This is how it happens in China too. The article mentions that a Chinese city
would help invest $8.7 billion, rather than the central state.

> On Dec. 30, Gou announced that Osaka-based subsidiary Sakai Display Products
> and the southern Chinese city of Guangzhou would jointly invest 61 billion
> yuan ($8.77 billion) in an advanced panel facility.

And Pennsylvania trade office is working with Foxconn on another plant.

> In addition to the proposed display facility, Gou said Foxconn plans a new
> molding facility in the U.S., with the state of Pennsylvania a possible site
> following investment discussions with local officials. A representative from
> the Pennsylvania trade office attended Foxconn's party Sunday.

It's typically not the exec branches job to set up those deals.
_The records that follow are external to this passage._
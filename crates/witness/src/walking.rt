// The words of one longest stretch, from its first on: where control can go on without a service, the longest
// way from there.
ghost use Rattle.std.specs.Prelude.{◌≡◌, ℕ, ◌<◌, length};
ghost use Rattle.sweep.specs.PassInvariants.{at};
ghost use Rattle.sweep.specs.declared.edges.Successors.{Successors};
ghost use Rattle.sweep.specs.Steps.{list_of, serves_of, Below};
ghost use Rattle.runs.specs.Script.{Script, script_of};
ghost use Rattle.witness.specs.Following.{onwards};
ghost use Rattle.witness.specs.Walking.{Walks, Walked};

use fields::version::Version;
use sweep::edges::{Successors, serves};

// Of the steps of word p to which the step does not serve, the one with the greatest length, the lower on a
// tie: where a longest stretch goes on from there, if it does.
fn go_on(steps: Successors, lengths: &[u32], p: usize) -> Option<usize>
    requires { Below (length lengths.now) steps }
    ensures { result ≡ onwards serves_of (at lengths.now) p (list_of steps) }
{
    match steps {
        Successors::Invalid | Successors::Stop => None,
        Successors::One(a) => if serves(p, a) { None } else { Some(a) },
        Successors::Two(a, b) => match (serves(p, a), serves(p, b)) {
            (true, true) => None,
            (true, false) => Some(b),
            (false, true) => Some(a),
            (false, false) => if lengths[a] < lengths[b] {
                Some(b)
            } else {
                Some(a)
            },
        },
    }
}

// Writes the words of the stretch from `first` on, as many as there are words at the most. How many they are.
// `steps` gives those of each word by its own version.
fn write_path<F: Fn(usize) -> Successors>(
    steps: F,
    n: usize,
    lengths: &[u32],
    first: usize,
    path: &mut [u32],
) -> usize
    ghost script: { Script }
    requires callable { F.IsAlwaysCallable steps }
    requires steps { (p : ℕ) (s : Successors) → p < n → F.post steps p s → s ≡ script.steps p }
    requires walks { Walks script n lengths.now first path.old }
    ensures { Walked script lengths.now first path.old path.new result }
{
    let mut p = first;
    for count in 0..n {
        path[count] = p as u32;
        let Some(q) = go_on(steps(p), lengths, p) else {
            return count + 1;
        };
        p = q;
    }
    n
}

// The same by the words' version, which is asked once.
pub(crate) fn walk(
    version: Version,
    words: &[u32],
    lengths: &[u32],
    first: usize,
    path: &mut [u32],
) -> usize
    requires { Walks (script_of version words.now) (length words.now) lengths.now first path.old }
    ensures { Walked (script_of version words.now) lengths.now first path.old path.new result }
{
    let n = words.len();
    match version {
        Version::Lua54 => {
            write_path(
                |p| steps::lua54::successors::successors(words, p),
                n,
                lengths,
                first,
                path,
            )
        }
        Version::Lua53 => {
            write_path(
                |p| steps::lua53::successors::successors(words, p),
                n,
                lengths,
                first,
                path,
            )
        }
    }
}
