// What a design does, as definitions and theorems. It has no code of its own: see specs/ and proofs/.
#![tactic(auto)]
But it is
great that Trump is willing to get on the phone to help get the deals done,
that's seems unprecedented in recent years.
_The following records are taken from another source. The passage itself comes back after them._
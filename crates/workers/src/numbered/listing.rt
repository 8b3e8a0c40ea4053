// What the writer serves of a session without its lock.
ghost use Rattle.std.specs.Prelude.{◌<◌, ◌^◌};
ghost use Rattle.workers.specs.Outputs.{AreFrames};

use crate::numbered::{Pumped, output_of};
use session::{List, Port};

/// What a turn of the writer collected of a session, by what it then serves it, and the number of the output that is to come of both.
#[derive(Drop)]
pub struct Listing {
    pub(crate) list: List,
    pub(crate) number: u64,
    /// The frames of the replies that were due where the session was listed.
    pub(crate) bytes: Vec<u8>,
    ghost small: { number < 2 ^ 62 },
    ghost whole: { AreFrames bytes.items },
}

impl Listing {
    ghost use Rattle.std.specs.Prelude.{◌≡◌, Err, IfSome};
    ghost use Rattle.session.specs.declared.pumping.PumpFault.TheVariants.{Ended};
    ghost use Rattle.session.specs.Client.{Client, Play, play};
    ghost use Rattle.session.specs.Listing.{IsListOf};
    ghost use Rattle.session.specs.Pumping.{CollectStep, ServeStep, PumpStep};
    ghost use Rattle.workers.specs.Numbers.{IsOutput, bytes_of_output, client_served};

    /// Serves the session by its list, behind what was collected: with that it is a pump. Whoever holds the session then has to tell it
    /// of the answer.
    pub fn serve<P: Port>(self, port: &mut P) -> Pumped
        ensures number { result.number ≡ self.number }
        ensures output { IsOutput self.number (bytes_of_output result.output) result.output }
        ensures serves { P.sole port.old → (client : Client) → IsListOf client self.list →
            ServeStep (λ topic why. P.refuses port.old topic why port.new) (play client (P.broker port.old) self.bytes.items) self.list.replies
            result.answer (play (client_served client result.answer) (P.broker port.new) (bytes_of_output result.output)) }
        ensures step { P.sole port.old → (begun : Play) (client : Client) → IsListOf client self.list →
            CollectStep begun self.list.replies (play client (P.broker port.old) self.bytes.items) →
            PumpStep (λ topic why. P.refuses port.old topic why port.new) begun
            result.answer (play (client_served client result.answer) (P.broker port.new) (bytes_of_output result.output)) }
        ensures ended { IfSome self.list.fault (λ why. (result.answer ≡ Err (Ended why)) × (bytes_of_output result.output ≡ self.bytes.items)) }
    {
        let Listing {
            list,
            number,
            bytes,
        } = self;
        let mut bytes = bytes;
        let answer = list.serve(port, &mut bytes);
        let output = output_of(number, bytes);
        Pumped {
            number,
            output,
            answer,
        }
    }
}
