//! Tables from CSV: the records that `csv` reads, judged and put into columns.
#![tactic(auto)]

mod ahead;
mod blocks;
mod counted;
mod counting;
mod dimension;
mod fact;
mod fault;
mod field;
mod header;
mod in_order;
mod keys;
mod record;
mod record_state;
mod rows;
mod source;
mod table;

pub use counting::{count_rows, next_byte, read_block};
pub use dimension::{dimension_named, has_dim, load_dim, load_dimension};
pub use fact::{FactReader, load_fact, open_fact};
pub use fault::LoadFault;
pub use record_state::RecordState;
pub use source::{csv_reader, next_record};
Most likely Trump would be focusing on the trade policy more generally or
working with congress to reduce federal regulations. The Dept of Commerce
could help promote the idea of operating in America. As well as via the
Treasury Dept to simplify the tax code. And Congress to reduce taxation. Again
this would apply to all companies, or whole industries, and (most likely) not
give any individual companies special benefits in return for opening up shop.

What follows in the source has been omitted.